Ken had more seat time in the Mk II than any other driver. It showed. He qualified first on the grid at Daytona; ahead of top drivers, McLaren, Ginther, Andretti, Gurney and the rest. In the race, Ken, the designated “rabbit” went out like a rocket and was never challenged. He and co-driver Lloyd Ruby won easily. In fact, Mk IIs finished 1-2-3-5, a testament to all of the hard work of Ken Miles and the Shelby development team.

Sebring was a repeat of Daytona although not an easy win for the driver team of Miles/Ruby. The Gurney/Grant Mk II was in the lead entering the final lap but the Gurney’s Mk II dropped a rod only several hundred yards from the finish, giving Miles/Ruby the win. The Mk II driven by Hansgen/Donohue was second.

The Mk IIs and Ken Miles were ready for LeMans. Miles/Hulme drove a brilliant race. At one point late in the race Miles/Hulme were ahead of McLaren/Amon by about three laps. Unfortunately the staged finish robbed Ken and Denny of the win a LeMans in 66.

Many believed that after the win at LeMans, Ford would withdraw from the international racing scene to concentrate its efforts on the domestic market; however, Henry Ford II had another idea. He wanted to win LeMans with a car designed and built wholly in the United States and win with American drivers. With this end in mind, works teams would not compete in races for the balance of the 1966 season. Instead, the focus would shift to developing the J car into the 1967 LeMans winner.  That would become quite a formidable task. Again, Shelby American and Ken Miles would be an integral part of the development of the new racer. At 47, it looked like the aging Ken Miles would have another shot at LeMans in 1967.
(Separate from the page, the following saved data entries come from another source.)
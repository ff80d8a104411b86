//! One run of the program.
ghost use Rattle.std.specs.Prelude.{◌≡◌, ◌⊎◌, IfErr, IfOk, OnOk};
ghost use Rattle.std.specs.Io.KnownBytes.{Appends};
ghost use Rattle.clap.specs.Words.{kind_of};
ghost use Rattle.cli_failures.specs.Report.{UnlessLate, report_line, exit_status};
ghost use Rattle.cli.specs.Ended.{AnswersByStatus, FailsByStatus, FailsTelling, IsAnswering, IsFailing, IsUnexplained};
ghost use Rattle.cli.specs.Host.{host};
ghost use Rattle.cli.specs.Outcome.{IsDone, IsLineFailure, IsHelp};
ghost use Rattle.cli.specs.Streams.{FailsToWrite, WritesAll, streams};

use crate::{
    Delivery, SessionWords, StorePair, Stores, check, check_with_policies, compare,
    comparison_status, deliver, explain, find, list, search_status, session, verdict_status,
};
use clap::error::ErrorKind;
use cli_answers::{DONE, MISTAKEN, write_front};
use cli_failures::{Failure, Source};
use cli_showing::{prints, show, tree};
use cli_steps::search_prints;
use cli_words::{Line, command_of};
use sqlite_disk::Disk;
use std::alloc::Global;
use std::io;
use std::io::{Read, Write};
use store::Store;

/// How a run ended.
#[derive(Drop)]
pub struct Ended {
    /// The exit status.
    pub status: u8,
    /// Whether what there was to say on standard error was written.
    pub told: io::Result<()>,
}

/// Does what the words ask for, of which the first is the program's name, and answers the exit status: 0 if it was done, for a valid path
/// and for help; 1, 2 and 3 for a path that is invalid, revoked or unknown; 7 for two verdicts that differ; 4 for refused input, 5 for
/// mistaken words, 6 if a file, a store or a writer failed or there is no memory. Each of 4, 5 and 6 comes with a text on `err`. Only a
/// session reads from `input`.
pub fn execute<D: Disk + Drop, S: Source + Stores<Store<D>>, I: Read, O: Write, E: Write>(
    source: &S,
    alloc: Global,
    words: &[&str],
    input: &mut I,
    out: &mut O,
    err: &mut E,
) -> u8
    ensures status { IsAnswering result ⊎ IsFailing result }
    ensures answered { AnswersByStatus (host S.holds S.places source.now) words.now
        I.remaining input.old input.new O.contents out.old out.new result }
    ensures silent { IsAnswering result → err.new ≡ err.old }
    ensures failed { FailsByStatus (host S.holds S.places source.now) words.now
        I.remaining input.old input.new O.contents out.old out.new result }
{
    executed(source, alloc, words, input, out, err).status
}

/// The same, with whether standard error took the line of what failed.
pub fn executed<D: Disk + Drop, S: Source + Stores<Store<D>>, I: Read, O: Write, E: Write>(
    source: &S,
    alloc: Global,
    words: &[&str],
    input: &mut I,
    out: &mut O,
    err: &mut E,
) -> Ended
    ensures status { IsAnswering result.status ⊎ IsFailing result.status }
    ensures answered { AnswersByStatus (host S.holds S.places source.now) words.now
        I.remaining input.old input.new O.contents out.old out.new result.status }
    ensures silent { IsAnswering result.status → err.new ≡ err.old }
    ensures failed { FailsTelling (host S.holds S.places source.now) words.now
        I.remaining input.old input.new O.contents out.old out.new
        E.contents err.old err.new result }
{
    match command_of(alloc, words) {
        Ok(line) => finish(run(source, alloc, &line, input, out), err),
        Err(error) => answer_of_clap(&error, out, err),
    }
}

pub(crate) fn finish<E: Write>(outcome: Result<u8, Failure<'_>>, err: &mut E) -> Ended
    ensures done { IfOk outcome.entry (λ status.
        (result.status ≡ status) × (err.new ≡ err.old)) }
    ensures failed { IfErr outcome.entry (λ failure. (result.status ≡ exit_status failure)
        × OnOk result.told
        (Appends (E.contents err.old) (E.contents err.new) (report_line failure))) }
{
    match outcome {
        Ok(status) => Ended {
            status,
            told: Ok(()),
        },
        Err(failure) => Ended {
            status: failure.status(),
            told: failure.report(err),
        },
    }
}

pub(crate) fn run<'a, D: Disk + Drop, S: Source + Stores<Store<D>>, I: Read, O: Write>(
    source: &S,
    alloc: Global,
    line: &Line<'a>,
    input: &mut I,
    out: &mut O,
) -> Result<u8, Failure<'a>>
    ensures done { IfOk result (IsDone (host S.holds S.places source.now) line.now
        (streams I.remaining input.old input.new O.contents out.old out.new)) }
    ensures status { IfOk result IsAnswering }
    ensures fails { IfErr result
        (IsLineFailure (host S.holds S.places source.now) line.now
        (streams I.remaining input.old input.new O.contents out.old out.new)) }
    ensures quiet { IfErr result (λ failure. UnlessLate failure (out.new ≡ out.old)) }
{
    let status = answer(source, alloc, line, input, out)?;
    match out.flush() {
        Ok(()) => Ok(status),
        Err(_) => Err(Failure::Unwritable),
    }
}

fn answer<'a, D: Disk + Drop, S: Source + Stores<Store<D>>, I: Read, O: Write>(
    source: &S,
    alloc: Global,
    line: &Line<'a>,
    input: &mut I,
    out: &mut O,
) -> Result<u8, Failure<'a>>
    ensures done { IfOk result (IsDone (host S.holds S.places source.now) line.now
        (streams I.remaining input.old input.new O.contents out.old out.new)) }
    ensures status { IfOk result IsAnswering }
    ensures fails { IfErr result
        (IsLineFailure (host S.holds S.places source.now) line.now
        (streams I.remaining input.old input.new O.contents out.old out.new)) }
    ensures quiet { IfErr result (λ failure. UnlessLate failure (out.new ≡ out.old)) }
{
    match line {
        Line::Tree { file } => write_answer(tree(source, alloc, file), out)?,
        Line::Show {
            kind,
            with_details,
            file,
        } => write_answer(show(source, alloc, *kind, *with_details, file), out)?,
        Line::Prints {
            issuer,
            kind,
            with_parts,
            file,
        } => write_answer(prints(source, alloc, issuer, *kind, *with_parts, file), out)?,
        Line::SearchPrints {
            issuers,
            among,
            with_parts,
            file,
        } => {
            let text = search_prints(
                source,
                alloc,
                &[*issuers],
                among.as_slice(),
                *with_parts,
                file,
            );
            write_answer(text, out)?;
        }
        Line::Deliver {
            store,
            verdicts,
            issuer,
            file,
        } => {
            let words = Delivery {
                store: *store,
                verdicts: *verdicts,
                issuer: *issuer,
                file: *file,
            };
            deliver(source, alloc, words, out)?;
        }
        Line::Check {
            store,
            verdicts,
            query,
        } => {
            return Ok(verdict_status(check(source, alloc, store, verdicts, query, out)?));
        }
        Line::CheckWithPolicies {
            store,
            verdicts,
            query,
            policies,
        } => {
            let checked = check_with_policies(source, alloc, store, verdicts, query, policies, out);
            return Ok(verdict_status(checked?));
        }
        Line::Compare {
            store,
            other,
            verdicts,
            query,
        } => {
            let stores = StorePair {
                store: *store,
                other: *other,
            };
            return Ok(comparison_status(compare(source, alloc, stores, verdicts, query, out)?));
        }
        Line::Find {
            store,
            verdicts,
            search,
        } => {
            return Ok(search_status(find(source, alloc, store, verdicts, search, out)?));
        }
        Line::List { store, moment } => {
            return match list(source, alloc, store, *moment, out) {
                Ok(()) => Ok(DONE),
                Err(failure) => Err(failure),
            };
        }
        Line::Explain { words } => {
            return match explain(words.as_slice(), out) {
                Ok(()) => Ok(DONE),
                Err(failure) => Err(failure),
            };
        }
        Line::Session { store, verdicts } => {
            let words = SessionWords {
                store: *store,
                verdicts: *verdicts,
            };
            return match session(source, alloc, words, input, out) {
                Ok(()) => Ok(DONE),
                Err(failure) => Err(failure),
            };
        }
    }
    Ok(DONE)
}

// Writes the text, if there is one, or a front of it.
fn write_answer<'a, O: Write>(
    text: Result<Vec<u8>, Failure<'a>>,
    out: &mut O,
) -> Result<(), Failure<'a>>
    ensures done { OnOk result (WritesAll text.entry (O.contents out.old) (O.contents out.new)) }
    ensures fails { IfErr result
        (FailsToWrite text.entry (O.contents out.old) (O.contents out.new)) }
    ensures quiet { IfErr result (λ failure. UnlessLate failure (out.new ≡ out.old)) }
{
    let text = text?;
    match write_front(text.as_slice(), out) {
        Ok(()) => Ok(()),
        Err(_) => Err(Failure::Unwritable),
    }
}

// What clap answers in place of a line: help goes to standard output, what is wrong with the words to standard error.
pub(crate) fn answer_of_clap<O: Write, E: Write>(
    error: &clap::Error,
    out: &mut O,
    err: &mut E,
) -> Ended
    ensures help { (result.status ≡ 0) → IsHelp (kind_of error.now) × (err.new ≡ err.old) }
    ensures status { (result.status ≡ 0) ⊎ IsFailing result.status }
    ensures failed { IsFailing result.status → IsUnexplained (kind_of error.now) (out.new ≡ out.old)
        (λ line. OnOk result.told (Appends (E.contents err.old) (E.contents err.new) line))
        result.status }
{
    match error.kind() {
        ErrorKind::DisplayHelp | ErrorKind::DisplayVersion => match write_text(error, out) {
            Ok(()) => finish(Ok(DONE), err),
            Err(_) => finish(Err(Failure::Unwritable), err),
        },
        ErrorKind::OutOfMemory => finish(Err(Failure::NoMemory), err),
        _ => Ended {
            status: MISTAKEN,
            told: write_text(error, err),
        },
    }
}

fn write_text<W: Write>(error: &clap::Error, writer: &mut W) -> io::Result<()> {
    write!(writer, "{error}")?;
    writer.flush()
}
Testing of the J Car began at Riverside on August fifteenth 1966 with Ken Miles at the wheel. On the third day of practice the car went out of control on the high-speed one mile straight. The car shattered upon impact and burst into flames. Miles was thrown from the car and was killed instantly. The wreckage was mangled so badly that the cause of the accident was never determined; however, the consensus was that driver error was not a factor. This was a tragic ending to an unfulfilled racing career.

After the fatal crash, the J car program was suspended for some time. Finally it was decided to resume the program. The J cars were strengthened by adding a NASCAR style roll cage. The high speed instability problem was finally solved when the J car body was redesigned by a small team led by Phil Remington. The re-bodied J car was re-christened the GT40 Mk IV and went on to win LeMans in 1967 driven by Dan Gurney and A.J. Foyt. Had Ken Miles lived, he might have been in that winners circle.